The White-Savior Industrial Complex and Voluntourism

Today in class, we examined two articles titled “The White-Savior Industrial Complex” by Teju Cole and “The white tourist’s burden” by Rafia Zakaria which both focus on the negative consequences of voluntourism. This term refers to privileged, first world citizens gallivanting around the globe “helping” poor people in variously afflicted parts of the globe in various ways. The motivations of these helpers vary across every individual participant in every individual voluntourism program and range from altruistic to self-seeking. In Evelyn Mendez’s blog post titled “Volunteer?”, she references another article, “The Trouble with Medical “Voluntourism”” which sheds light on the damaging effects of institutions like “Doctors without Borders Alternative.” Groups like this are tasked with performing clinical surgeries such as delivering babies and pulling teeth without the proper experience and oftentimes, sanitation or equipment (Sullivan, 2017). These risky practices by incompetent students acting as unqualified practitioners of medicine often lead to more harm for patients than good (Sullivan, 2017). Mendez explains that these students are often going on these trips only to make themselves appear better on a resume to get into a better medical school for their own personal gain. However, the students themselves do not stay in the area abroad long enough to see the damage they potentially cause, but rather only long enough to feel good about the short term relief they provide. This, both the moral and selfish motivation to help people whose culture and problems the helper are not privy to, embodies the “White Savior Industrial Complex” Cole and Zakaria refer to in their articles.

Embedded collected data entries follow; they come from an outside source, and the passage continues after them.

//! Items of modules are read: nets and variables, assignments, blocks, and generate constructs.
//!
//! Generate constructs may hold items to a depth, so the rules that hold items take the reader of those as a parameter.
#![tactic(auto)]

mod constructs;
mod heads;
mod module_items;
mod tails;

pub use constructs::item;
pub use module_items::sees_item;
pub use tails::AlwaysTail;
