//! Circuits for vectors, bit by bit: an operator on each bit or on the two bits of each place, an operator over all bits, and
//! whether all bits are known. Over all bits an operator goes from the last bit to the first; `xor` alone goes by halves, since a
//! solver does better with that. Where most of the bits are exclusive ors themselves it goes over each of their two parts, so that
//! parts which two reductions share are one literal in both.

ghost use Rattle.std.specs.Prelude.{◌≡◌, ◌*◌, ◌-◌, ◌<◌, IfOk, IfSome, IsTrue, ◌↔◌, ◌&&◌, [], length};
ghost use Rattle.std.specs.List.{All};
ghost use Rattle.aig.specs.Graph.{holds, IsIn};
ghost use Rattle.aig_words.specs.Words.{Grew, Obeyed, differ, parity_of};
ghost use Rattle.fourvec.specs.declared.Bit.{Bit};
ghost use Rattle.fourvec.specs.Bits.{each, each_pair, over, is_known, is_known_bit, truth_bit, xor_bit};
ghost use Rattle.pair_words.specs.Rails.{bit_at, bits, IsWired, IsVector, one_value, two_value, two_nodes};
ghost use Rattle.pair_words.specs.Truths.{AreParts};

use crate::pairs::{One, Pair, Two, is_same, two_bits};
use crate::steps::{Step, each_place};
use aig::{Aig, Halves, Lit};
use aig_words::{parity, xor};
use std::alloc::{AllocError, Global};

/// An operator on each bit.
pub fn on_each(alloc: Global, aig: &mut Aig, op: One, a: &[Pair]) -> Result<Vec<Pair>, AllocError>
    requires a_in { All (IsWired aig.old) a.now }
    ensures grew { Grew (2 * length a.now) aig.old aig.new }
    ensures word { IfOk result (λ r. IsVector aig.new (length a.now) r.items) }
    ensures value { IfOk result (λ r. Obeyed aig.new (λ v. bits v r.items ≡ each (one_value op) (bits v a.now))) }
{
    each_place(alloc, aig, Step::Apply(op), a, a)
}

/// An operator on each pair of bits at one place.
pub fn on_both(
    alloc: Global,
    aig: &mut Aig,
    op: Two,
    a: &[Pair],
    b: &[Pair],
) -> Result<Vec<Pair>, AllocError>
    requires same { length a.now ≡ length b.now }
    requires a_in { All (IsWired aig.old) a.now }
    requires b_in { All (IsWired aig.old) b.now }
    ensures grew { Grew (two_nodes op * length a.now) aig.old aig.new }
    ensures word { IfOk result (λ r. IsVector aig.new (length a.now) r.items) }
    ensures value { IfOk result (λ r. Obeyed aig.new (λ v. bits v r.items ≡ each_pair (two_value op) (bits v a.now) (bits v b.now))) }
{
    each_place(alloc, aig, Step::Join(op), a, b)
}

// The same in turn, from the last bit to the first.
fn over_in_turn(aig: &mut Aig, op: Two, start: Pair, a: &[Pair]) -> Result<Pair, AllocError>
    requires start_in { IsWired aig.old start }
    requires a_in { All (IsWired aig.old) a.now }
    ensures grew { Grew (two_nodes op * length a.now) aig.old aig.new }
    ensures within { IfOk result (λ r. IsWired aig.new r) }
    ensures value { IfOk result (λ r. Obeyed aig.new (λ v. bit_at v r ≡ over (two_value op) (bit_at v start) (bits v a.now))) }
{
    let mut last = start;
    for i in 0..a.len() {
        last = two_bits(aig, op, a[a.len() - 1 - i], last)?;
    }
    Ok(last)
}

// One bit that does for some bits what these do one after another. It is made of halves, so that it is a tree of few levels: a
// solver finds sums of the same bits in other orders sooner where no chain of them is long.
fn pair_parity(aig: &mut Aig, a: &[Pair]) -> Result<Pair, AllocError>
    requires some { 0 < length a.now }
    requires a_in { All (IsWired aig.old) a.now }
    ensures grew { Grew (10 * (length a.now - 1)) aig.old aig.new }
    ensures within { IfOk result (λ r. IsWired aig.new r) }
    ensures value { IfOk result (λ r. Obeyed aig.new (λ v. (rest : Bit) → xor_bit (bit_at v r) rest ≡ over xor_bit rest (bits v a.now))) }
{
    if a.len() == 1 {
        return Ok(a[0]);
    }
    let half = a.len() / 2;
    let first = pair_parity(aig, &a[..half])?;
    let second = pair_parity(aig, &a[half..])?;
    two_bits(aig, Two::Xor, first, second)
}

// Whether the bit is known: both of its literals are one.
fn is_plain(p: &Pair) -> bool
    ensures { IsTrue result ↔ (p.now.up ≡ p.now.low) }
{
    is_same(p.up, p.low)
}

// Whether each bit is known.
fn are_plain(a: &[Pair]) -> bool
    ensures { IsTrue result ↔ All (λ p. p.up ≡ p.low) a.now }
{
    a.iter().all(|p| is_plain(p))
}

// Whether more of the bits that are no constants are exclusive ors than are none.
fn are_sums(aig: &Aig, a: &[Pair]) -> bool
    requires a_in { All (IsWired aig.now) a.now }
{
    let mut sums: usize = 0;
    let mut others: usize = 0;
    for i in 0..a.len() {
        let bit = a[i].up;
        if aig.halves(bit).is_some() {
            sums = sums.saturating_add(1);
        } else if bit.node != 0 {
            others = others.saturating_add(1);
        }
    }
    others < sums
}

// Two literals whose exclusive or is the given one: its halves, or itself and the constant false.
fn split(aig: &Aig, a: Lit) -> Halves
    requires { IsIn aig.now a }
    ensures first { IsIn aig.now result.first }
    ensures second { IsIn aig.now result.second }
    ensures value { Obeyed aig.now (λ v. holds v a ≡ differ (holds v result.first) (holds v result.second)) }
{
    match aig.halves(a) {
        Some(h) => h,
        None => Halves {
            first: a,
            second: Lit::constant(false),
        },
    }
}

// Two words, at each place of which stand literals whose exclusive or is a bit.
struct Parts {
    first: Vec<Lit>,
    second: Vec<Lit>,
}

impl Drop for Parts {
    fn drop(self) {
        let Parts {
            first: _,
            second: _,
        } = self;
    }
}

// Puts the parts of each bit to two words.
fn split_all(
    aig: &Aig,
    a: &[Pair],
    first: &mut Vec<Lit>,
    second: &mut Vec<Lit>,
) -> Result<(), AllocError>
    requires a_in { All (IsWired aig.now) a.now }
    requires no_first { first.old.items ≡ [] }
    requires no_second { second.old.items ≡ [] }
    ensures { IfOk result (λ _. AreParts aig.now a.now first.new.items second.new.items) }
{
    for i in 0..a.len() {
        let halves = split(aig, a[i].up);
        first.push(halves.first)?;
        second.push(halves.second)?;
    }
    Ok(())
}

// The parts of known bits, where most of them are exclusive ors.
fn parts_of(alloc: Global, aig: &Aig, a: &[Pair]) -> Result<Option<Parts>, AllocError>
    requires a_in { All (IsWired aig.now) a.now }
    ensures several { IfOk result (λ o. IfSome o (λ p. 1 < length a.now)) }
    ensures parts { IfOk result (λ o. IfSome o (λ p. AreParts aig.now a.now p.first.items p.second.items)) }
    ensures value { IfOk result (λ o. IfSome o (λ p. Obeyed aig.now (λ v. (rest : Bit) → xor_bit (truth_bit (differ (parity_of v p.first.items) (parity_of v p.second.items))) rest ≡ over xor_bit rest (bits v a.now)))) }
{
    if a.len() < 2 || !are_plain(a) || !are_sums(aig, a) {
        return Ok(None);
    }
    let mut first = Vec::new(alloc);
    let mut second = Vec::new(alloc);
    split_all(aig, a, &mut first, &mut second)?;
    Ok(Some(Parts { first, second }))
}

// The exclusive or of all literals of two words, as a known bit.
fn parity_of_both(aig: &mut Aig, first: &[Lit], second: &[Lit]) -> Result<Pair, AllocError>
    requires some { 0 < length first.now }
    requires same { length first.now ≡ length second.now }
    requires first_in { All (IsIn aig.old) first.now }
    requires second_in { All (IsIn aig.old) second.now }
    ensures grew { Grew (6 * length first.now - 3) aig.old aig.new }
    ensures within { IfOk result (λ r. IsWired aig.new r) }
    ensures value { IfOk result (λ r. Obeyed aig.new (λ v. bit_at v r ≡ truth_bit (differ (parity_of v first.now) (parity_of v second.now)))) }
{
    let one = parity(aig, first)?;
    let other = parity(aig, second)?;
    let all = xor(aig, one, other)?;
    Ok(Pair { up: all, low: all })
}

// The same as `pair_parity`, by the parts of the bits where these have some.
fn sum_of(aig: &mut Aig, a: &[Pair]) -> Result<Pair, AllocError>
    requires some { 0 < length a.now }
    requires a_in { All (IsWired aig.old) a.now }
    ensures grew { Grew (10 * (length a.now - 1)) aig.old aig.new }
    ensures within { IfOk result (λ r. IsWired aig.new r) }
    ensures value { IfOk result (λ r. Obeyed aig.new (λ v. (rest : Bit) → xor_bit (bit_at v r) rest ≡ over xor_bit rest (bits v a.now))) }
{
    let alloc = aig.allocator();
    match parts_of(alloc, aig, a)? {
        Some(parts) => parity_of_both(aig, &parts.first, &parts.second),
        None => pair_parity(aig, a),
    }
}

// The operator `xor` over all bits, from a bit on.
fn xor_all(aig: &mut Aig, start: Pair, a: &[Pair]) -> Result<Pair, AllocError>
    requires start_in { IsWired aig.old start }
    requires a_in { All (IsWired aig.old) a.now }
    ensures grew { Grew (10 * length a.now) aig.old aig.new }
    ensures within { IfOk result (λ r. IsWired aig.new r) }
    ensures value { IfOk result (λ r. Obeyed aig.new (λ v. bit_at v r ≡ over xor_bit (bit_at v start) (bits v a.now))) }
{
    if a.is_empty() {
        return Ok(start);
    }
    let all = sum_of(aig, a)?;
    two_bits(aig, Two::Xor, all, start)
}

/// An operator over all bits, from a bit on.
pub fn over_all(aig: &mut Aig, op: Two, start: Pair, a: &[Pair]) -> Result<Pair, AllocError>
    requires start_in { IsWired aig.old start }
    requires a_in { All (IsWired aig.old) a.now }
    ensures grew { Grew (two_nodes op * length a.now) aig.old aig.new }
    ensures within { IfOk result (λ r. IsWired aig.new r) }
    ensures value { IfOk result (λ r. Obeyed aig.new (λ v. bit_at v r ≡ over (two_value op) (bit_at v start) (bits v a.now))) }
{
    match op {
        Two::Xor => xor_all(aig, start, a),
        _ => over_in_turn(aig, op, start, a),
    }
}

// Whether a bit is known, and all that come after it are.
fn known_bit(aig: &mut Aig, a: Pair, last: Lit) -> Result<Lit, AllocError>
    requires a_in { IsWired aig.old a }
    requires last_in { IsIn aig.old last }
    ensures grew { Grew 4 aig.old aig.new }
    ensures within { IfOk result (λ r. IsIn aig.new r) }
    ensures value { IfOk result (λ r. Obeyed aig.new (λ v. holds v r ≡ (is_known_bit (bit_at v a) && holds v last))) }
{
    let apart = xor(aig, a.up, a.low)?;
    aig.and(!apart, last)
}

/// Whether no bit is unknown.
pub fn known(aig: &mut Aig, a: &[Pair]) -> Result<Lit, AllocError>
    requires node { 0 < length aig.old }
    requires a_in { All (IsWired aig.old) a.now }
    ensures grew { Grew (4 * length a.now) aig.old aig.new }
    ensures within { IfOk result (λ r. IsIn aig.new r) }
    ensures value { IfOk result (λ r. Obeyed aig.new (λ v. holds v r ≡ is_known (bits v a.now))) }
{
    let mut last = Lit::constant(true);
    for i in 0..a.len() {
        last = known_bit(aig, a[a.len() - 1 - i], last)?;
    }
    Ok(last)
}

What makes any institutional problem an “Industrial Complex”, whether it be the “Prison Industrial Complex” or the “Military Industrial Complex” is that the system in question is profitable as well as self-sustaining and justifiable through rhetoric. In the case of the WSIC, Americans are given a challenge or palatable enemy, like Joseph Kony or “hungry mouths, child soldiers or raped civilians” (Cole, 2012). Next, they take the moral high ground as people who are “going to ride in on a white horse and resolve it.” (Cole, 2012) So when someone like Kony is stopped or any amount of children are fed by privileged white people, they gain satisfaction not out of the resultant happiness their help lead to but by the implication that they are better people because of it.

Cole’s sequential tweets are spot on in describing how privileged whites do good deeds that have no real lasting impact not to achieve “justice” but to simply satisfy “sentimental needs” and have “a big emotional experience” (Cole, 2012). Not only are the roots of the problems often ignored, but other problems are created as a result. Cole later explains in the article that Nigerians who were protesting their corrupt government were noticeably not aided by the US government because of oil interest Yet the US government released a statement “supporting” the protesters right to protest in order to give off the image of preserving democracy and individual rights without making an actual change (Cole, 2012). A way to make actual change would be to import more expensive oil from non corrupt regimes to bolster them instead of empowering corrupt regimes simply because they produce a cheaper product. When money is on the line for privileged folks, morality is almost always tossed aside.

Meanwhile, Zakaria explains that there is a specific voluntourism program in South Africa that actually creates orphans. Because the American workers have economic backing, they resultantly “crowd out local workers” which leads parents to send their kids away to these orphan centers where they can actually afford to go to school (Zakaria, 2014). The question of whether it is better to be an educated orphan or non educated child living with their parents in poverty is irrelevant. The point that it is unjust for foreigners to be dictating the lives of native inhabitants at their own convenience for reasons independent of their plight is relevant, however. In class, Frank raised the solid point that most people participating in these programs are students on vacations which means a lot of the “help” might come seasonally. While I must be careful not to generalize all voluntourists as being unwanted and ignorant to the causes they are supposedly fighting, Zakaria explains that the participants should pay their “due diligence” by attempting to assimilate themselves with the culture as well as gain a real understanding of the native peoples’ and their plight (Zakaria, 2014). Both writers articulate the problem that many voluntourists simply go on these trips to feel good about themselves and bolster resumes as well as gain “good party stories” and “Facebook profile pictures” instead of for a more altruistic reason such as a desire to help people in need (Zakaria, 2014). These intrinsic motivations for white people to help non white people are more often than not self-serving and epitomize the WSIC.